In cricket, a five-wicket haul—also known as a five–for or fifer—refers to a bowler taking five or more wickets in a single innings. This is regarded as a notable achievement; only five bowlers have taken more than 30 five-wicket hauls in their Test cricketing careers. Sri Lankan cricketer Muttiah Muralitharan has the most five-wicket hauls in Test cricket, and also the second-highest number of five-wicket hauls in One Day Internationals (ODI). He did not take any five-wicket hauls in a Twenty20 International, where his best bowling figures were 3 wickets for 29 runs. One of the most experienced bowlers in international cricket, Muralitharan is the leading wicket taker in both Tests and ODIs. He was declared as the "best bowler ever" in Test cricket by the Wisden Cricketers' Almanack in 2002, and the Sri Lankan team depended heavily on the off spinner for wickets.

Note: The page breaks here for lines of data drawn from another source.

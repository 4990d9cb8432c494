//! What drawn wires read: a controllable variable only where the place that they are drawn of does. So it is of expressions, definitions, blocks with all control equations, contracts and nodes.
//!
//! The functions here do nothing: each is a law, which its contract states.
#![tactic(auto)]

ghost use Rattle.law_drawing.specs.Steered.Accepted.{ContractFitsLaw, NodeFitsLaw};
ghost use Rattle.law_drawing.specs.Steered.Laid.{AssumptionMarksLaw, EarlyKindsLaw, EarlySlotsLaw, SlotMarksLaw};
ghost use Rattle.law_drawing.specs.Steered.Nodes.{NodeMarksLaw};
ghost use Rattle.law_drawing.specs.Steered.Laws.{BlockMarksLaw, DefinitionMarksLaw, EnterMarksLaw, ExpressionMarksLaw, FreeMarksLaw, MarksLaw};

/// Marks bound what wires read: a wire that reads a controllable variable by some chain has a mark that leads to one, and a free slot that has such a wire stands for what leads to one.
pub fn marks_are_bounds()
    ensures leads { MarksLaw }
    ensures stands { FreeMarksLaw }
{}

/// Wherever an expression is drawn, its wire has a mark that leads to a controllable variable only where the expression reads one, or what stands around it; and so have the names that a definition defines.
pub fn expressions_are_marked()
    ensures marked { ExpressionMarksLaw }
    ensures defined { DefinitionMarksLaw }
{}

/// Where a block is entered the names that it defines have wires with their marks, and last values read what cuts the block.
pub fn blocks_are_entered()
    ensures entered { EnterMarksLaw }
{}

/// So it is of all that is drawn of a block: its definitions, the arms of a `switch`, the body of a `reset`, which reads its condition where memory does, and the states and transitions of an automaton.
pub fn blocks_are_marked()
    ensures marked { BlockMarksLaw }
{}

/// So in what is drawn of a node, where its slots stand for its places: a free slot whose wire reads a controllable variable by some chain is that of a place that depends on one. What the contract of a node brings that is called reads no more than the call.
///
/// The slots of a node do stand for its places, in their order, so a free slot has such a wire only where its own place depends on a controllable variable. None of an early place has one, so where it may be early by its role it is of the early kind. The wire of the assumption reads one only where the place of the assumption depends on one.
pub fn nodes_are_marked()
    ensures free { NodeMarksLaw }
    ensures slots { SlotMarksLaw }
    ensures early { EarlySlotsLaw }
    ensures kinds { EarlyKindsLaw }
    ensures assumed { AssumptionMarksLaw }
{}

/// What is asked of a node, and of the contracts of those that it calls, is met by sound ones in which each name has one equation in its block.
pub fn sound_nodes_fit()
    ensures contracts { ContractFitsLaw }
    ensures nodes { NodeFitsLaw }
{}
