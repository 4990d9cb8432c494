//! The runs of a ready program keep its contracts.
//!
//! The functions here do nothing: each is a law, which its contract states.
#![tactic(auto)]

ghost use Rattle.law_games.specs.Guaranteed.Laws.{ApartLaw, ChoicesKeepContractsLaw, NodeRunsKeepContractsLaw, OwnContractLaw, RunsKeepContractsLaw, TypedLaw};

use hp_meaning::contract::run_keeps_contracts;

/// No two nodes of a ready program have one name; and in each reaction each instant of the node and of each instance, at every depth, has values of the types that the guarantee of a run asks for.
pub fn reactions_are_typed()
    ensures apart { ApartLaw }
    ensures typed { TypedLaw }
{}

/// So where no violation of a contract is ever forced, each instance in a run keeps its contract, at every depth, where choices are permitted wherever some are; without controllable variables in each reaction, and so the node itself keeps its own.
pub fn runs_keep_contracts()
    ensures choices { ChoicesKeepContractsLaw }
    ensures runs { RunsKeepContractsLaw }
    ensures node_runs { NodeRunsKeepContractsLaw }
    ensures own { OwnContractLaw }
{
    run_keeps_contracts();
}
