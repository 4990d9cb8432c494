//! Which free slots of the circuit that is drawn of a node are early: those whose places are, as far as that is shown.
//!
//! The functions here do nothing: each is a law, which its contract states.
#![tactic(auto)]

ghost use Rattle.law_drawing.specs.Early.Flags.{FlagsLaw};
ghost use Rattle.law_drawing.specs.Early.Right.{RightLaw};

/// A free slot may be early by its role exactly where its place stands in the node itself on the base clock.
pub fn slots_are_flagged()
    ensures { FlagsLaw }
{}

/// Where each such slot whose place depends on a controllable variable has a wire that reads one, each free slot of the circuit is early exactly where its place is.
pub fn early_slots_are_right()
    ensures { RightLaw }
{}
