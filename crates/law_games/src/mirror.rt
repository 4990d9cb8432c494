//! The Boolean machine of a node's contract: what it mirrors, and that the game on it is the game of the contract.
//!
//! The functions here do nothing: each is a law, which its contract states.
#![tactic(auto)]

ghost use Rattle.law_games.specs.Mirror.Choices.{SameMemoryChoiceLaw, SameMemoryPermittedLaw, SomeMemoryChoiceLaw};
ghost use Rattle.law_games.specs.Mirror.FilledHistories.{SameFilledGameLaw, SameFilledSafeLaw};
ghost use Rattle.law_games.specs.Mirror.Histories.{SameAtFirstLaw, SameChoiceLaw, SameGameLaw, SamePermittedLaw, SameSafeLaw};
ghost use Rattle.law_games.specs.Mirror.Memories.{SameMemoryAtFirstLaw, SameMemoryGameLaw, SameMemorySafeLaw};

/// A machine that mirrors a node has the game on the node's memories: what is forced from a memory in shape is forced from its bits, and so for what is safe.
pub fn memories_are_kept()
    ensures forced { SameMemoryGameLaw }
    ensures safe { SameMemorySafeLaw }
    ensures at_first { SameMemoryAtFirstLaw }
{}

/// What may be chosen at a memory is what the machine may choose at its bits, and where these are preferred as values are, the machine's choice is the greatest permitted one. Some choice is permitted wherever nothing is ever forced.
pub fn choices_are_kept()
    ensures permitted { SameMemoryPermittedLaw }
    ensures chosen { SameMemoryChoiceLaw }
    ensures some { SomeMemoryChoiceLaw }
{}

/// So it has the game on the node's histories without Nil: what is forced after one is forced from the bits that it leaves, and nothing is ever forced at first exactly where the machine is safe.
pub fn filled_histories_are_kept()
    ensures forced { SameFilledGameLaw }
    ensures safe { SameFilledSafeLaw }
{}

/// A machine that follows the histories of a node has the game of the node's contract: what is forced after a history is forced from the registers that it leaves, and so for what is safe and what is permitted.
pub fn game_is_kept()
    ensures forced { SameGameLaw }
    ensures safe { SameSafeLaw }
    ensures at_first { SameAtFirstLaw }
    ensures permitted { SamePermittedLaw }
{}

/// Where the machine prefers what is preferred of choices, its choice is the greatest permitted one.
pub fn choice_is_kept()
    ensures { SameChoiceLaw }
{}
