//! The wires of a node of the Boolean abstraction: its circuits at one instant, with memory in place of pasts, and without absence.
//!
//! The functions here do nothing: each is a law, which its contract states.
#![tactic(auto)]

ghost use Rattle.law_games.specs.Wires.Laws.{CallsLaw, ContractLaw, DutyLaw, MemoryLaw, NextLaw, OneWiringLaw, RegisterLaw};

/// What is shown of a node's wires is an instant of its abstraction, and the next memory is what the longer history leaves. What the node assumes and enforces has the value of its wires, and so at each call that is there what the callee assumes and enforces: the hypothesis and the duty of the instant are those of its wires. Among the items of a program what is remembered is the memory of contracts.
pub fn wires_give_instants()
    ensures instant { NextLaw }
    ensures registers { RegisterLaw }
    ensures contract { ContractLaw }
    ensures calls { CallsLaw }
    ensures duty { DutyLaw }
    ensures memory { MemoryLaw }
{}

/// A ranked node whose callees are ranked has exactly one wiring, for each memory, for all inputs and all that is given.
pub fn one_wiring()
    ensures { OneWiringLaw }
{}
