//! Transitions, equations and blocks.
ghost use Rattle.std.specs.Prelude.{◌≡◌, ◌<◌, ◌≤◌, ◌||◌, List, map, length, IfOk};
ghost use Rattle.hp_lexer.specs.declared.token.Keyword.TheVariants.{Then, Continue};
ghost use Rattle.hp_lexer.specs.declared.token.Sign.TheVariants.{Bar};
ghost use Rattle.hp_tree.specs.BlockView.{eqn_seen, arm_seen, state_seen};
ghost use Rattle.hp_parser.specs.BlockGrammar.{transition, transitions, all_transitions, definition, placed};
ghost use Rattle.hp_parser.specs.Descent.{measured_seen};
ghost use Rattle.hp_parser.specs.Grammar.{behind};
ghost use Rattle.hp_parser.specs.Lexemes.{is_ahead};
ghost use Rattle.hp_parser.specs.Nesting.{expression_read, nested, first_transition_read, transitions_read, transitions_seen, next_placed_read, placed_names_read, one_name_read, left_read, left_seen, inner_variables_read, equation_read, control_read, switched_read, arm_read, arms_read, branched_read, arm_behind_read, restarted_read, moded_read, state_read, states_read, body_read, inner_read};
ghost use Rattle.hp_parser.specs.Tokens.{begins_equation, begins_control, keyword, sign_of, capital};
ghost use Rattle.hp_parser.specs.Outcomes.{Gives};
ghost use Rattle.hp_parser.specs.Reading.{reading, read_token, read_convert};

use crate::fault::{Fault, Stop};
use crate::measured::Measured;
use crate::mode::Mode;
use crate::reader::Reader;
use hp_base::{Name, Span, What};
use hp_lexer::{Keyword, Sign};
use hp_tree::{Arm, Block, Cons, Decl, Eqn, State, Trans};

/// How many levels an expression may have.
const DEPTH: usize = 200;

/// The transitions of a state.
#[derive(Debug, Drop)]
pub(crate) struct Transitions {
    pub until: Vec<Trans>,
    pub unless: Vec<Trans>,
}

/// The left side of an equation.
#[derive(Debug, Drop)]
pub(crate) struct Left {
    pub first: Span,
    pub names: Vec<(Name, Span)>,
}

Muralitharan is well ahead of other bowlers by number of five-wicket hauls in Tests with 67 to his name; Australian cricketer Shane Warne ranks in second place with 37. Making his Test debut in 1992, Muralitharan took his first five-wicket haul a year later against South Africa. He performed this feat against every other Test playing nation. He went on to take ten or more wickets per match on 22 occasions—also a world record—while Shane Warne ranks second, having achieved this on 10 occasions. His career best is 9 wickets for 51 runs against Zimbabwe, which ranks as the world's fifth-best figures in an innings. He was most successful against Bangladesh and South Africa, with 11 five-wicket hauls against each team. Fourteen of Muralitharan's five-wicket hauls were taken at the Sinhalese Sports Club Ground (SSC) in Colombo, Sri Lanka. He retired from Test cricket in July 2010, capturing his 67th and final five-wicket haul during his last match.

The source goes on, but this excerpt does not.